Robert Haas <robertmhaas(at)gmail(dot)com> wrote:
> Just handling better the case where we pick a straight nested loop
> rather than a hash join would help a lot of people. Some basic
> conservatism about the number of outer rows would be useful here (in
> particular, we should probably assume that there will be at least 2
> when costing a nest loop, unless the outer side is known unique),
> and it's also worth thinking about the fact that a hash join won't
> build the table unless there is at least 1 outer row, which I don't
> think the current costing algorithm takes into account. Or maybe we
> should estimate the amount by which the nested loop figures to beat
> out the hash join and only accepted the nested loop plan if the win
> exceeds some threshold percentage.
But in our environment the most common cause of a sub-optimal planning
choice is over-estimating the cost of a nested loop. We've never been
able to get good plans overall without dropping random_page_cost to
twice the seq_page_cost or less -- in highly cached situations we
routinely drop both to 0.1. Creating further bias against nested loop
plans just means we'll have to push the numbers further from what the
purportedly represent. It seems to me a significant unsolved problem
is properly accounting for caching effects.
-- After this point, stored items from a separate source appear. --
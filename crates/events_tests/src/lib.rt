//! Tests of `caf_events` and `caf_report`: asks, replies and events copied and kept, and the text of a report.
//! It stands on these and on `caf_base`; nothing stands on it.
//! What is wanted was worked out by hand. A test ends where memory is wanting, so that none gives up what is half made.
//! It has no code besides its tests: what the two crates promise is proved there.
#![tactic(auto)]

#[cfg(test)]
mod events;
#[cfg(test)]
mod reports;
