//! What a run writes is written for its trace: laws of the text of a report.
//! It stands on `caf_report`, whose text this is, and on `trace_forms`, which says for which trace a file is written.
//! It has laws alone. Its main contract: `law_report_is_written`.
#![tactic(auto)]

pub mod laws;
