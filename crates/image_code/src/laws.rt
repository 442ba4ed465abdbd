//! Laws of code that isn't refused. Each is the contract of a function that does nothing.

ghost use Rattle.std.specs.Prelude.{ℕ, List};
ghost use Rattle.walk_theory.specs.Good.{IsGood};
ghost use Rattle.image_code.specs.Code.{IsWhole};
ghost use Rattle.image_code.specs.Levels.{Part, HasLevels};
ghost use Rattle.image_code.specs.Table.{lines_of};
ghost use Rattle.image_code.specs.declared.shape.Height.{Height};
ghost use Rattle.image_code.specs.declared.step.Step.{Step};

/// Each of its jumps goes on, or to a count: so it can't go on for ever between two counts.
pub fn law_whole_code_is_good()
    ensures { (texts : List (List ℕ)) (steps : List Step) (lines : List ℕ) (highest : Height) → IsWhole steps highest → IsGood (lines_of texts steps lines) }
{}

/// There is a height for each place that a path reaches, on each part of the stack: where so much stands, each step
/// takes no more, and each place where it goes on has what it leaves.
pub fn law_whole_code_has_levels()
    ensures { (part : Part) (texts : List (List ℕ)) (steps : List Step) (lines : List ℕ) (highest : Height) → IsWhole steps highest
        → HasLevels part texts steps lines highest }
{}
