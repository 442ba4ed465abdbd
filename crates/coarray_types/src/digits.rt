//! Distances, and numbers as a digit and the rest behind it.

ghost use Rattle.std.specs.Prelude.{◌≡◌, ◌+◌, ◌*◌, ◌^◌, ◌<◌, ◌≤◌, pos, ◌+ℤ◌, ◌-ℤ◌, ◌≤ℤ◌, FitsSigned};
ghost use Rattle.std.specs.Int.{w32};
ghost use Rattle.std.specs.Int.RustNames.{unsigned_abs};
ghost use Rattle.coarray_types.specs.Distances.{distance};

/// How far apart two numbers are.
pub(crate) fn apart(from: &i64, to: &i64) -> u64
    ensures { result ≡ distance from.now to.now }
{
    to.abs_diff(*from)
}

/// A digit below an extent, and the rest behind it. 64 bits suffice: the extent is at most 2^32 and the rest fits 32
/// bits, so the number is below 2^32 times 2^32.
#[tactic(auto, using(crate::proofs::DigitLemmas::joined_fits))]
pub(crate) fn joined(digit: u64, extent: u64, rest: u32) -> u64
    requires digit { digit < extent }
    requires extent { extent ≤ 2 ^ 32 }
    ensures { result ≡ digit + extent * rest }
{
    digit + extent * u64::from(rest)
}

/// A coextent, which is at most 2^32, since both cobounds fit 32 bits.
pub(crate) fn coextent(lower: &i64, extent: &i64) -> u64
    requires lower { FitsSigned w32 lower.now }
    requires extent { pos 1 ≤ℤ extent.now }
    requires upper { FitsSigned w32 ((lower.now +ℤ extent.now) -ℤ pos 1) }
    ensures value { result ≡ unsigned_abs extent.now }
    ensures some { 1 ≤ result }
    ensures fits { result ≤ 2 ^ 32 }
{
    extent.unsigned_abs()
}

/// A cosubscript so far above its lower cobound. 64 bits suffice, since both fit 33 bits.
pub(crate) fn above(lower: &i64, digit: u32) -> i64
    requires { FitsSigned w32 lower.now }
    ensures { result ≡ lower.now +ℤ pos digit }
{
    lower + i64::from(digit)
}
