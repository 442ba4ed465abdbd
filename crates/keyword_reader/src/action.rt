//! The choice among actions by their first keywords, and the main contract.

ghost use Rattle.expr_reader.specs.Results.{Gives};
ghost use Rattle.expr_reader.specs.Words.{tokens_of};
ghost use Rattle.fortran_tree.specs.ActionViews as forms;
ghost use Rattle.keyword_reader.specs.Groups as groups;
ghost use Rattle.statement_reader.specs.Keywords as keywords;
ghost use Rattle.statement_reader.specs.Lines as lines;

use crate::allocate::{allocate, deallocate};
use crate::flow::{cycle, error_stop, exit, fail_image, returned, stop};
use crate::image::{call, event, form_team, lock, sync, unlock};
use crate::output::{print, write};
use action_reader::key::{begins_with_key, ended, place};
use caf_base::place::Pos;
use expr_reader::error::ReadError;
use expr_reader::word::Word;
use fortran_tree::action::ActionForm;
use std::alloc::Global;

/// SYNC, EVENT or RETURN.
#[tactic(auto, using(crate::proofs::Keyed::keyed_laws))]
fn synchronizing<'a>(
    alloc: Global,
    words: &'a [Word],
    left: u32,
) -> Result<(ActionForm, &'a [Word]), ReadError>
    ensures { Gives (λ r. (forms.action_statement r.0, tokens_of r.1.now)) result (groups.synchronizing left (tokens_of words.now)) }
{
    if begins_with_key(words, b"sync") {
        return sync(alloc, words, left);
    }
    if begins_with_key(words, b"event") {
        return event(alloc, words, left);
    }
    returned(words)
}

/// FORM TEAM, LOCK or UNLOCK, or one of the above.
#[tactic(auto, using(crate::proofs::Keyed::keyed_laws))]
fn locking<'a>(
    alloc: Global,
    words: &'a [Word],
    left: u32,
) -> Result<(ActionForm, &'a [Word]), ReadError>
    ensures { Gives (λ r. (forms.action_statement r.0, tokens_of r.1.now)) result (groups.locking left (tokens_of words.now)) }
{
    if begins_with_key(words, b"form") {
        return form_team(alloc, words, left);
    }
    if begins_with_key(words, b"lock") {
        return lock(alloc, words, left);
    }
    if begins_with_key(words, b"unlock") {
        return unlock(alloc, words, left);
    }
    synchronizing(alloc, words, left)
}

/// ALLOCATE or DEALLOCATE, or one of the above.
#[tactic(auto, using(crate::proofs::Keyed::keyed_laws))]
fn allocating<'a>(
    alloc: Global,
    words: &'a [Word],
    left: u32,
) -> Result<(ActionForm, &'a [Word]), ReadError>
    ensures { Gives (λ r. (forms.action_statement r.0, tokens_of r.1.now)) result (groups.allocating left (tokens_of words.now)) }
{
    if begins_with_key(words, b"allocate") {
        return allocate(alloc, words, left);
    }
    if begins_with_key(words, b"deallocate") {
        return deallocate(alloc, words, left);
    }
    locking(alloc, words, left)
}

/// ERROR STOP or FAIL IMAGE, or one of the above.
#[tactic(auto, using(crate::proofs::Keyed::keyed_laws))]
fn ending<'a>(
    alloc: Global,
    words: &'a [Word],
    left: u32,
) -> Result<(ActionForm, &'a [Word]), ReadError>
    ensures { Gives (λ r. (forms.action_statement r.0, tokens_of r.1.now)) result (groups.ending left (tokens_of words.now)) }
{
    if begins_with_key(words, b"error") {
        return error_stop(alloc, words, left);
    }
    if begins_with_key(words, b"fail") {
        return fail_image(words);
    }
    allocating(alloc, words, left)
}

/// EXIT, CYCLE or STOP, or one of the above.
#[tactic(auto, using(crate::proofs::Keyed::keyed_laws))]
fn leaving<'a>(
    alloc: Global,
    words: &'a [Word],
    left: u32,
) -> Result<(ActionForm, &'a [Word]), ReadError>
    ensures { Gives (λ r. (forms.action_statement r.0, tokens_of r.1.now)) result (groups.leaving left (tokens_of words.now)) }
{
    if begins_with_key(words, b"exit") {
        return exit(words);
    }
    if begins_with_key(words, b"cycle") {
        return cycle(words);
    }
    if begins_with_key(words, b"stop") {
        return stop(alloc, words, left);
    }
    ending(alloc, words, left)
}

/// An action that begins with a keyword.
#[tactic(auto, using(crate::proofs::Keyed::keyed_laws))]
fn form<'a>(
    alloc: Global,
    words: &'a [Word],
    left: u32,
) -> Result<(ActionForm, &'a [Word]), ReadError>
    ensures { Gives (λ r. (forms.action_statement r.0, tokens_of r.1.now)) result (keywords.a_keyword_action left (tokens_of words.now)) }
{
    if begins_with_key(words, b"call") {
        return call(alloc, words, left);
    }
    if begins_with_key(words, b"print") {
        return print(alloc, words, left);
    }
    if begins_with_key(words, b"write") {
        return write(alloc, words, left);
    }
    leaving(alloc, words, left)
}

/// An action that begins with a keyword, at its place, up to the end of its statement.
#[tactic(auto, using(crate::proofs::Keyed::keyed_laws))]
pub fn keyword_action<'a>(
    alloc: Global,
    words: &'a [Word],
    left: u32,
) -> Result<((Pos, ActionForm), &'a [Word]), ReadError>
    ensures { Gives (λ r. ((r.0.0, forms.action_statement r.0.1), tokens_of r.1.now)) result (lines.keyword_line left (tokens_of words.now)) }
{
    let at = place(words);
    let (form, rest) = form(alloc, words, left)?;
    let (form, rest) = ended(form, rest)?;
    Ok(((at, form), rest))
}
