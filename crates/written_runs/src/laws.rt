//! The laws of texts of runs. Each is the contract of a function that does nothing.

ghost use Rattle.caf_report.specs.declared.report.Report.{Report};
ghost use Rattle.caf_report.specs.declared.report.Shown.{Shown};
ghost use Rattle.caf_report.specs.ReportText.{report_text};
ghost use Rattle.trace_forms.specs.Files.{Written};
ghost use Rattle.written_runs.specs.Shown.{ShowsTrace};

/// The text of a report that shows its trace is written for that trace: no line that an image printed, and none of the
/// final values or of the end, is taken for one of the trace, and the line before them says the form.
pub fn law_report_is_written()
    ensures { (shown : Shown) (r : Report) → ShowsTrace shown r → Written (report_text shown r) r.names r.trace.entries }
{}
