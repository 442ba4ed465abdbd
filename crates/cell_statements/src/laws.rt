//! Laws of statements that read coarrays, and of those on locks, events and atoms. Each is the contract of a function that does nothing.

ghost use Rattle.std.specs.Prelude.{◌≡◌, ℕ, Bool, true, List};
ghost use Rattle.walk_theory.specs.Syntax.{body_of};
ghost use Rattle.checked_tree.specs.Statements as checked;
ghost use Rattle.object_rules.specs.Cells.{Declared};
ghost use Rattle.core_runs.specs.Beginnings.{IsOneOf};
ghost use Rattle.tree_meaning.specs.Forms.{bodies};
ghost use Rattle.made_code.specs.Ranks.{IsRankedProgram};
ghost use Rattle.cell_walks.specs.Fitting.{StepsFit};
ghost use Rattle.cell_statements.specs.Typed.{IsTypedProgram};
ghost use Rattle.cell_statements.specs.Reading.{ProgramReads};

/// The blocks of a program fit, its main program and its procedures, where its ranks are right, each statement on a lock,
/// an event or an atom names one, and each coarray that it reads may be read.
pub fn law_blocks_fit()
    ensures { (p : checked.Program) (coarrays : List Declared) (readable : ℕ → Bool) (n me : ℕ) → IsRankedProgram p → IsTypedProgram coarrays p → ProgramReads readable p → IsOneOf n me
        → (k : ℕ) → StepsFit n me coarrays readable (body_of (bodies p) k) }
{}

/// Where each coarray may be read, each program reads those alone that may be read.
pub fn law_all_may_be_read()
    ensures { (readable : ℕ → Bool) → ((k : ℕ) → readable k ≡ true) → (p : checked.Program) → ProgramReads readable p }
{}
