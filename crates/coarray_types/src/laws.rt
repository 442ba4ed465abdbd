//! Laws of array element order: a subscript list and its offset, and a cosubscript list and its image, belong to each
//! other.

ghost use Rattle.std.specs.Prelude.{◌≡◌, ◌≤◌, ◌<◌, ℕ, ℤ, pos, List, length, map, All};
ghost use Rattle.caf_base.specs.Spans.{offsets_from};
ghost use Rattle.coarray_types.specs.Places.{size_of, AllWithin, subscript_order};
ghost use Rattle.coarray_types.specs.Coplaces.{HasCobounds, Names};
ghost use Rattle.coarray_types.specs.Sections.{Triplet, firsts_of, elements_of, dims_of};

/// Each element of an array has a place below the size, no two have the same, and each place below the size is one's.
pub fn law_places()
    ensures below { (dims : List (ℤ × ℤ)) (subs : List ℤ) → AllWithin dims subs → subscript_order dims subs < size_of dims }
    ensures once { (dims : List (ℤ × ℤ)) (these those : List ℤ) → AllWithin dims these → AllWithin dims those → subscript_order dims these ≡ subscript_order dims those → these ≡ those }
    ensures each { (dims : List (ℤ × ℤ)) (n : ℕ) → n < size_of dims → (subs : List ℤ) × AllWithin dims subs × (subscript_order dims subs ≡ n) }
{}

/// Cosubscripts name one image, each image from 1 on has cosubscripts that name it, and no two lists name the same.
pub fn law_images()
    ensures one { (lowers extents subs : List ℤ) (image other : ℕ) → Names lowers extents subs image → Names lowers extents subs other → image ≡ other }
    ensures once { (lowers extents these those : List ℤ) (image : ℕ) → Names lowers extents these image → Names lowers extents those image → these ≡ those }
    ensures each { (lowers extents : List ℤ) (image : ℕ) → HasCobounds lowers extents → 1 ≤ image → (subs : List ℤ) × Names lowers extents subs image }
{}

/// The cells of a section's span are the places of the section's elements in the array, in the section's array element
/// order; and no dimension of the span is of one cell, where no triplet is empty.
pub fn law_sections()
    ensures cells { (dims : List (ℤ × ℤ)) (triplets : List Triplet) → length triplets ≡ length dims → All (AllWithin dims) (elements_of triplets) → offsets_from (pos (subscript_order dims (firsts_of triplets))) (dims_of 1 dims triplets) ≡ map (λ subs. pos (subscript_order dims subs)) (elements_of triplets) }
    ensures wide { (dims : List (ℤ × ℤ)) (triplets : List Triplet) → All (λ t. 1 ≤ t.count) triplets → All (λ d. 2 ≤ d.0) (dims_of 1 dims triplets) }
{}
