//! Calls of intrinsic subroutines as the checked tree holds them.

ghost use Rattle.std.specs.Prelude.{◌≡◌};
ghost use Rattle.std.specs.Option.{option_map};
ghost use Rattle.checked_tree.specs.ExpressionViews.{designator as designator_seen, expression, maybe_expression, maybe_result, result_variable as result_seen};
ghost use Rattle.checked_tree.specs.Statements as ts;
ghost use Rattle.checked_tree.specs.StatementViews.{collected as collected_seen, intrinsic_subroutine, statement_form};
ghost use Rattle.rule_definitions.specs.IntrinsicSubroutines as rules;
ghost use Rattle.rule_definitions.specs.Judgements.{made, three};
ghost use Rattle.subroutine_rules.specs.Atoms.{atom_seen};
ghost use Rattle.subroutine_rules.specs.Parts.{five_made, four_made};

use crate::atom::Atom;
use checked_tree::action::{
    AtomicChange, Collected, Combination, IntrinsicCall, IntrinsicSubroutine, WrittenArguments,
};
use checked_tree::expr::{Designator, ResultVariable, TypedExpr};
use checked_tree::statement::StatementForm;

/// A call with its arguments in this order.
#[tactic(auto, using(checked_tree::specs::StatementViews::typed_statement_forms))]
pub fn call_of(form: Option<IntrinsicSubroutine>, order: WrittenArguments) -> Option<StatementForm>
    ensures { option_map statement_form result ≡ made (λ x. ts.call_intrinsic x order) (option_map intrinsic_subroutine form) }
{
    match form {
        Some(form) => Some(StatementForm::CallIntrinsic(IntrinsicCall { form, order })),
        None => None,
    }
}

/// ATOMIC_DEFINE (16.9.23).
pub fn define(
    atom: Option<Atom>,
    value: Option<TypedExpr>,
    stat: Option<Option<ResultVariable>>,
) -> Option<IntrinsicSubroutine>
    ensures { option_map intrinsic_subroutine result ≡ three (λ a v r. ts.atomic_define a.variable a.kind v r) (option_map atom_seen atom) (option_map expression value) (option_map maybe_result stat) }
{
    let Some(atom) = atom else {
        drop(value);
        drop(stat);
        return None;
    };
    let Some(value) = value else {
        drop(atom);
        drop(stat);
        return None;
    };
    let Some(stat) = stat else {
        drop(atom);
        drop(value);
        return None;
    };
    let Atom {
        variable: atom,
        kind,
    } = atom;
    Some(IntrinsicSubroutine::AtomicDefine {
        atom,
        kind,
        value,
        stat,
    })
}

/// ATOMIC_REF (16.9.29).
pub fn reference(
    value: Option<ResultVariable>,
    atom: Option<Atom>,
    stat: Option<Option<ResultVariable>>,
) -> Option<IntrinsicSubroutine>
    ensures { option_map intrinsic_subroutine result ≡ three (λ v a r. ts.atomic_ref v a.variable a.kind r) (option_map result_seen value) (option_map atom_seen atom) (option_map maybe_result stat) }
{
    let Some(value) = value else {
        drop(atom);
        drop(stat);
        return None;
    };
    let Some(atom) = atom else {
        drop(value);
        drop(stat);
        return None;
    };
    let Some(stat) = stat else {
        drop(atom);
        drop(value);
        return None;
    };
    let Atom {
        variable: atom,
        kind,
    } = atom;
    Some(IntrinsicSubroutine::AtomicRef {
        value,
        atom,
        kind,
        stat,
    })
}

/// ATOMIC_ADD, ATOMIC_AND, ATOMIC_OR and ATOMIC_XOR (16.9.20, 16.9.21, 16.9.28, 16.9.30).
pub fn change(
    change: AtomicChange,
    atom: Option<Atom>,
    value: Option<TypedExpr>,
    stat: Option<Option<ResultVariable>>,
) -> Option<IntrinsicSubroutine>
    ensures { option_map intrinsic_subroutine result ≡ three (λ a v r. ts.atomic_change change a.variable v r) (option_map atom_seen atom) (option_map expression value) (option_map maybe_result stat) }
{
    let Some(atom) = atom else {
        drop(value);
        drop(stat);
        return None;
    };
    let Some(value) = value else {
        drop(atom);
        drop(stat);
        return None;
    };
    let Some(stat) = stat else {
        drop(atom);
        drop(value);
        return None;
    };
    let Atom { variable: atom, .. } = atom;
    Some(IntrinsicSubroutine::AtomicChange {
        change,
        atom,
        value,
        stat,
    })
}

/// ATOMIC_FETCH_ADD, ATOMIC_FETCH_AND, ATOMIC_FETCH_OR and ATOMIC_FETCH_XOR (16.9.24 to 16.9.27).
pub fn fetch(
    change: AtomicChange,
    atom: Option<Atom>,
    value: Option<TypedExpr>,
    old: Option<ResultVariable>,
    stat: Option<Option<ResultVariable>>,
) -> Option<IntrinsicSubroutine>
    ensures { option_map intrinsic_subroutine result ≡ four_made (λ a v o r. ts.atomic_fetch change a.variable v o r) (option_map atom_seen atom) (option_map expression value) (option_map result_seen old) (option_map maybe_result stat) }
{
    let Some(atom) = atom else {
        drop(value);
        drop(old);
        drop(stat);
        return None;
    };
    let Some(value) = value else {
        drop(atom);
        drop(old);
        drop(stat);
        return None;
    };
    let Some(old) = old else {
        drop(atom);
        drop(value);
        drop(stat);
        return None;
    };
    let Some(stat) = stat else {
        drop(atom);
        drop(value);
        drop(old);
        return None;
    };
    let Atom { variable: atom, .. } = atom;
    Some(IntrinsicSubroutine::AtomicFetch {
        change,
        atom,
        value,
        old,
        stat,
    })
}

/// ATOMIC_CAS (16.9.22).
pub fn compare_and_swap(
    atom: Option<Atom>,
    old: Option<ResultVariable>,
    compare: Option<TypedExpr>,
    new: Option<TypedExpr>,
    stat: Option<Option<ResultVariable>>,
) -> Option<IntrinsicSubroutine>
    ensures { option_map intrinsic_subroutine result ≡ five_made (λ a o c n r. ts.atomic_cas a.variable a.kind o c n r) (option_map atom_seen atom) (option_map result_seen old) (option_map expression compare) (option_map expression new) (option_map maybe_result stat) }
{
    let Some(atom) = atom else {
        drop(old);
        drop(compare);
        drop(new);
        drop(stat);
        return None;
    };
    let Some(old) = old else {
        drop(atom);
        drop(compare);
        drop(new);
        drop(stat);
        return None;
    };
    let Some(compare) = compare else {
        drop(atom);
        drop(old);
        drop(new);
        drop(stat);
        return None;
    };
    let Some(new) = new else {
        drop(atom);
        drop(old);
        drop(compare);
        drop(stat);
        return None;
    };
    let Some(stat) = stat else {
        drop(atom);
        drop(old);
        drop(compare);
        drop(new);
        return None;
    };
    let Atom {
        variable: atom,
        kind,
    } = atom;
    Some(IntrinsicSubroutine::AtomicCas {
        atom,
        kind,
        old,
        compare,
        new,
        stat,
    })
}

/// EVENT_QUERY (16.9.72).
pub fn query(
    event: Option<Designator>,
    count: Option<ResultVariable>,
    stat: Option<Option<ResultVariable>>,
) -> Option<IntrinsicSubroutine>
    ensures { option_map intrinsic_subroutine result ≡ three ts.event_query (option_map designator_seen event) (option_map result_seen count) (option_map maybe_result stat) }
{
    let Some(event) = event else {
        drop(count);
        drop(stat);
        return None;
    };
    let Some(count) = count else {
        drop(event);
        drop(stat);
        return None;
    };
    let Some(stat) = stat else {
        drop(event);
        drop(count);
        return None;
    };
    Some(IntrinsicSubroutine::EventQuery { event, count, stat })
}

/// CO_SUM, CO_MIN and CO_MAX (16.9.50, 16.9.48, 16.9.47).
pub fn combine(
    combination: Combination,
    a: Option<Collected>,
    result_image: Option<Option<TypedExpr>>,
    stat: Option<Option<ResultVariable>>,
) -> Option<IntrinsicSubroutine>
    ensures { option_map intrinsic_subroutine result ≡ three (ts.combine combination) (option_map collected_seen a) (option_map maybe_expression result_image) (option_map maybe_result stat) }
{
    let Some(a) = a else {
        drop(result_image);
        drop(stat);
        return None;
    };
    let Some(result_image) = result_image else {
        drop(a);
        drop(stat);
        return None;
    };
    let Some(stat) = stat else {
        drop(a);
        drop(result_image);
        return None;
    };
    Some(IntrinsicSubroutine::Combine {
        combination,
        a,
        result_image,
        stat,
    })
}

/// CO_BROADCAST (16.9.46).
pub fn broadcast(
    a: Option<Collected>,
    source_image: Option<TypedExpr>,
    stat: Option<Option<ResultVariable>>,
) -> Option<IntrinsicSubroutine>
    ensures { option_map intrinsic_subroutine result ≡ three ts.broadcast (option_map collected_seen a) (option_map expression source_image) (option_map maybe_result stat) }
{
    let Some(a) = a else {
        drop(source_image);
        drop(stat);
        return None;
    };
    let Some(source_image) = source_image else {
        drop(a);
        drop(stat);
        return None;
    };
    let Some(stat) = stat else {
        drop(a);
        drop(source_image);
        return None;
    };
    Some(IntrinsicSubroutine::Broadcast {
        a,
        source_image,
        stat,
    })
}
That said, I have not really clear idea on how best to solve that
problem. The only ideas which recur when facing these issues are:
(1) The the planner refused to deal with fractional estimates of how
many rows will be returned in a loop -- it treats 0.01 as 1 on the
basis that you can't read a fractional row, rather than as a 1% chance
that you will read a row and need to do the related work. I have
always thought that changing this might allow more accurate estimates;
perhaps I should hack a version which behaves that way and test it as
a "proof of concept." Note that this is diametrically opposed to your
suggestion that we always assume at least two rows in the absence of a
unique index.
(2) Somehow use effective_cache_size in combination with some sort of
current activity metrics to dynamically adjust random access costs.
(I know, that one's total hand-waving, but it seems to have some
possibility of better modeling reality than what we currently do.)
-Kevin